Reliable verification and identification can be achieved by fusing hard and soft information from multiple classifiers. Correlation filter based classifiers have shown good performance in biometric verification applications. In this paper, we develop a method of fusing soft information from multiple correlation filters. Usually, correlation filters are designed to produce a strong peak in the correlation filter output for authentics whereas no such peak should be produced for impostors. Traditionally, the peak-to-sidelobe-ratio (PSR) has been used to characterize the strength of the peak and thresholds are set on the PSR in order to determine whether the test image is an authentic or an impostor. In this paper, we propose to fuse multiple correlation output planes, by appending them for classification by a Support Vector Machine (SVM), to improve the performance over traditional PSR based classification.
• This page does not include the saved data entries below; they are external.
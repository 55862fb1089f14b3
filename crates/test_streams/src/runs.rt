//! Tests of the runs over a stream and over an input in a given form, and of the bytes that a service adds.

use crate::picks::Once;
use crate::places::{Places, Single};
use capn_canon::{Form, Limits, Refusal};
use capn_pack::UnpackFault;
use capn_serve::{
    Position, Run, RunFault, ServeFault, add_bytes, run_messages, run_stream, serve_form,
};
use capn_stream::FrameFault;
use capn_words::{BareFault, Watched};
use std::alloc::{AllocError, Global};
use std::io::{self, ErrorKind, Read, Write};
use std::test::Fail;
use test_allocator::Refusing;

/// Two frames of 16 bytes, and one of 8 bytes.
const STREAM: [u8; 40] = [
    0, 0, 0, 0, 1, 0, 0, 0, 0, 0, 0, 0, 0, 0, 0, 0, 0, 0, 0, 0, 1, 0, 0, 0, 0, 0, 0, 0, 0, 0, 0, 0,
    0, 0, 0, 0, 0, 0, 0, 0,
];

/// The packed bytes of `STREAM`. The last group has the second root and the third frame.
const PACKED: [u8; 8] = [0x10, 1, 0, 0, 0x10, 1, 0, 1];

/// The output for the frames of `STREAM`.
const PLACES: [u8; 9] = [0, 0, 16, 1, 16, 16, 2, 32, 8];

/// The outcome of a run: its result, its output, and the position of the next message.
#[derive(Drop)]
struct Outcome {
    ending: Result<(), RunFault>,
    text: Vec<u8>,
    at: Position,
}

impl Outcome {
    /// Tests whether the run ended with `Ok` after `count` messages of `length` bytes, and wrote `text`.
    fn is_done(&self, text: &[u8], count: u64, length: u64) -> bool {
        let at = Position {
            index: count,
            offset: length,
        };
        self.ending == Ok(()) && self.text.as_slice() == text && self.at == at
    }

    /// Tests whether the run ended with `fault` after `count` messages of `STREAM`, and wrote their output.
    fn is_ended(&self, fault: RunFault, count: u8) -> bool {
        let at = place(count);
        let text = &PLACES[..3 * count.min(3) as usize];
        self.ending == Err(fault) && self.text.as_slice() == text && self.at == at
    }
}

/// Returns the position after `count` frames of 16 bytes.
fn place(count: u8) -> Position {
    Position {
        index: count as u64,
        offset: 16 * count as u64,
    }
}

/// Runs over the stream `input`, whose messages may have `most` words, and whose length may be `limit`.
fn streamed<R: Read + Drop>(alloc: Global, input: R, most: u8, limit: u64) -> Outcome {
    let mut run = Run::new(Places);
    let mut reader = Watched::new(input);
    let mut writer = Watched::new(Vec::new(alloc));
    let ending = run_stream(
        alloc,
        most as u32,
        limit,
        &mut run,
        &mut reader,
        &mut writer,
    );
    let Run { service: _, at } = run;
    Outcome {
        ending,
        text: writer.into_inner(),
        at,
    }
}

/// Messages are served whatever the number of bytes of a read, within a limit of just the length of the stream.
#[test]
fn a_stream_within_its_limits(rt: HostRuntime) {
    let at_once = streamed(rt.alloc(), STREAM.as_slice(), 1, 40);
    assert!(rt; at_once.is_done(&PLACES, 3, 40));
    let one_by_one = streamed(rt.alloc(), Single { bytes: &STREAM }, 1, u64::MAX);
    assert!(rt; one_by_one.is_done(&PLACES, 3, 40));
    let nothing = streamed(rt.alloc(), b"".as_slice(), 1, 0);
    assert!(rt; nothing.is_done(&[], 0, 0));
}

/// The messages before the fault are served.
#[test]
fn a_stream_that_ends_with_a_fault(rt: HostRuntime) {
    let alloc = rt.alloc();
    let long = streamed(alloc, STREAM.as_slice(), 1, 39);
    assert!(rt; long.is_ended(RunFault::InputTooLong, 2));
    let words = Refusal::Frame(FrameFault::TooManyWords(1));
    let large = streamed(alloc, STREAM.as_slice(), 0, 40);
    assert!(rt; large.is_ended(RunFault::Refused(place(0), words), 0));
    let cut = Refusal::Frame(FrameFault::Cut);
    let short = streamed(alloc, &STREAM[..31], 1, 40);
    assert!(rt; short.is_ended(RunFault::Refused(place(1), cut), 1));
    let broken = Once {
        bytes: &STREAM[..31],
        is_over: false,
    };
    assert!(rt; streamed(alloc, broken, 1, 40).is_ended(RunFault::Io, 1));
}

/// Runs over `input` in `form`.
fn formed<R: Read + Drop>(alloc: Global, form: Form, input: R) -> Outcome {
    let mut run = Run::new(Places);
    let mut reader = Watched::new(input);
    let mut writer = Watched::new(Vec::new(alloc));
    let ending = serve_form(alloc, form, 1, &mut run, &mut reader, &mut writer);
    let Run { service: _, at } = run;
    Outcome {
        ending,
        text: writer.into_inner(),
        at,
    }
}

/// A stream has the same messages packed or not. As a bare input it is one message.
#[test]
fn an_input_in_each_form(rt: HostRuntime) {
    let stream = formed(rt.alloc(), Form::Stream, STREAM.as_slice());
    assert!(rt; stream.is_done(&PLACES, 3, 40));
    let packed = formed(rt.alloc(), Form::Packed, PACKED.as_slice());
    assert!(rt; packed.is_done(&PLACES, 3, 40));
    let bare = formed(rt.alloc(), Form::Bare, STREAM.as_slice());
    assert!(rt; bare.is_done(&[0, 0, 40], 1, 40));
}

#[test]
fn a_refused_input_in_each_form(rt: HostRuntime) {
    let cut = Refusal::Frame(FrameFault::Cut);
    let stream = formed(rt.alloc(), Form::Stream, &STREAM[..31]);
    assert!(rt; stream.is_ended(RunFault::Refused(place(1), cut), 1));
    let group = Refusal::Packed(UnpackFault::Cut { at: 6 });
    let packed = formed(rt.alloc(), Form::Packed, &PACKED[..7]);
    assert!(rt; packed.is_ended(RunFault::Refused(place(1), group), 1));
    let rest = Refusal::Bare(BareFault::NotWhole(31));
    let bare = formed(rt.alloc(), Form::Bare, &STREAM[..31]);
    assert!(rt; bare.is_ended(RunFault::Refused(place(0), rest), 0));
    for form in [Form::Stream, Form::Packed, Form::Bare] {
        let broken = Once {
            bytes: &[],
            is_over: true,
        };
        assert!(rt; formed(rt.alloc(), form, broken).is_ended(RunFault::Io, 0));
    }
}

/// A writer that takes `room` bytes, and then fails.
#[derive(Drop)]
struct Narrow {
    bytes: Vec<u8>,
    room: usize,
}

impl Write for Narrow {
    fn write(&mut self, buf: &[u8]) -> io::Result<usize> {
        let count = self.room.min(buf.len());
        if count == 0 && !buf.is_empty() {
            return Err(ErrorKind::Other.into());
        }
        self.bytes.extend_from_slice(&buf[..count])?;
        self.room -= count;
        Ok(count)
    }

    fn flush(&mut self) -> io::Result<()> {
        Ok(())
    }
}

/// Adds `bytes` after the text `ab`, to a writer with the given room. Returns the result, the written bytes, and the
/// text that is left.
fn added(
    alloc: Global,
    bytes: &[u8],
    room: usize,
) -> Result<(Result<(), ServeFault>, Vec<u8>, Vec<u8>), AllocError> {
    let mut text = Vec::new(alloc);
    text.extend_from_slice(b"ab")?;
    let mut writer = Watched::new(Narrow {
        bytes: Vec::new(alloc),
        room,
    });
    let ending = add_bytes(bytes, &mut text, &mut writer);
    let Narrow { bytes, room: _ } = writer.into_inner();
    Ok((ending, bytes, text))
}

/// Bytes are written at once if there are 65,536 of them with the text. Fewer bytes are appended to the text.
#[test]
fn short_and_long_bytes(rt: HostRuntime) -> Result<(), Fail> {
    let bytes = [7; 65_534];
    let (ending, written, text) = added(rt.alloc(), &bytes[..3], 0)?;
    assert!(rt; ending == Ok(()) && written.is_empty());
    assert!(rt; text.as_slice() == [97, 98, 7, 7, 7].as_slice());
    let (ending, written, text) = added(rt.alloc(), &bytes[..65_533], 0)?;
    assert!(rt; ending == Ok(()) && written.is_empty() && text.len() == 65_535);
    let (ending, written, text) = added(rt.alloc(), &bytes, 65_536)?;
    assert!(rt; ending == Ok(()) && text.is_empty());
    assert!(rt; written.len() == 65_536 && written.as_slice().starts_with(b"ab\x07\x07"));
    Ok(())
}

/// If the writer fails, a prefix of the text and the bytes was written.
#[test]
fn long_bytes_that_are_not_written(rt: HostRuntime) -> Result<(), Fail> {
    let bytes = [7; 65_534];
    let (ending, written, _text) = added(rt.alloc(), &bytes, 3)?;
    assert!(rt; ending == Err(ServeFault::Io) && written.as_slice() == b"ab\x07".as_slice());
    Ok(())
}

/// If memory for short bytes is refused, nothing is added.
#[test]
fn short_bytes_without_memory(rt: HostRuntime) {
    let heap = Refusing::nth(rt.alloc(), 0);
    heap.refuse_each();
    let mut text = Vec::new(&heap);
    let mut writer = Watched::new(Vec::new(rt.alloc()));
    let ending = add_bytes(b"abc", &mut text, &mut writer);
    assert!(rt; ending == Err(ServeFault::Memory) && text.is_empty());
    assert!(rt; writer.into_inner().is_empty());
}

/// Returns the result of a run of the service `Places` over `input` in `form`, and the output.
fn counted(alloc: Global, form: Form, input: &[u8]) -> (Result<u64, RunFault>, Vec<u8>) {
    let mut reader = Watched::new(input);
    let mut writer = Watched::new(Vec::new(alloc));
    let found = run_messages(
        alloc,
        form,
        Limits::usual(),
        Places,
        &mut reader,
        &mut writer,
    );
    (found, writer.into_inner())
}

/// A run ends with the outcome of its service after the last message, or with the fault of its service.
#[test]
fn a_run_from_the_first_message_to_the_result(rt: HostRuntime) {
    let (three, text) = counted(rt.alloc(), Form::Stream, &STREAM);
    assert!(rt; three == Ok(3) && text.as_slice() == PLACES.as_slice());
    let (unpacked, text) = counted(rt.alloc(), Form::Packed, &PACKED);
    assert!(rt; unpacked == Ok(3) && text.as_slice() == PLACES.as_slice());
    let (cut, text) = counted(rt.alloc(), Form::Stream, &STREAM[..31]);
    let fault = RunFault::Refused(place(1), Refusal::Frame(FrameFault::Cut));
    assert!(rt; cut == Err(fault) && text.as_slice() == &PLACES[..3]);
    let (bare, text) = counted(rt.alloc(), Form::Bare, &STREAM[..9]);
    let fault = RunFault::Refused(place(0), Refusal::Bare(BareFault::NotWhole(9)));
    assert!(rt; bare == Err(fault) && text.is_empty());
}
Multiple Unconstrained Optimal Tradeoff Synthetic Discriminant Function (UOTSDF) filters having varying degrees of discrimination and distortion tolerance are employed here to create a feature vector for classification by a SVM, and this idea is evaluated on the plastic distortion set of the NIST 24 fingerprint database. Results on this database provide an Equal Error Rate (EER) of 1.36% when we fuse correlation planes, in comparison to an average EER of 3.24% using the traditional PSR based classification from a filter, and 2.4% EER on fusion of PSR scores from the same filters using SVM, which demonstrates the advantages of fusing the correlation output planes over the fusion of just the peak-to-sidelobe-ratios (PSRs).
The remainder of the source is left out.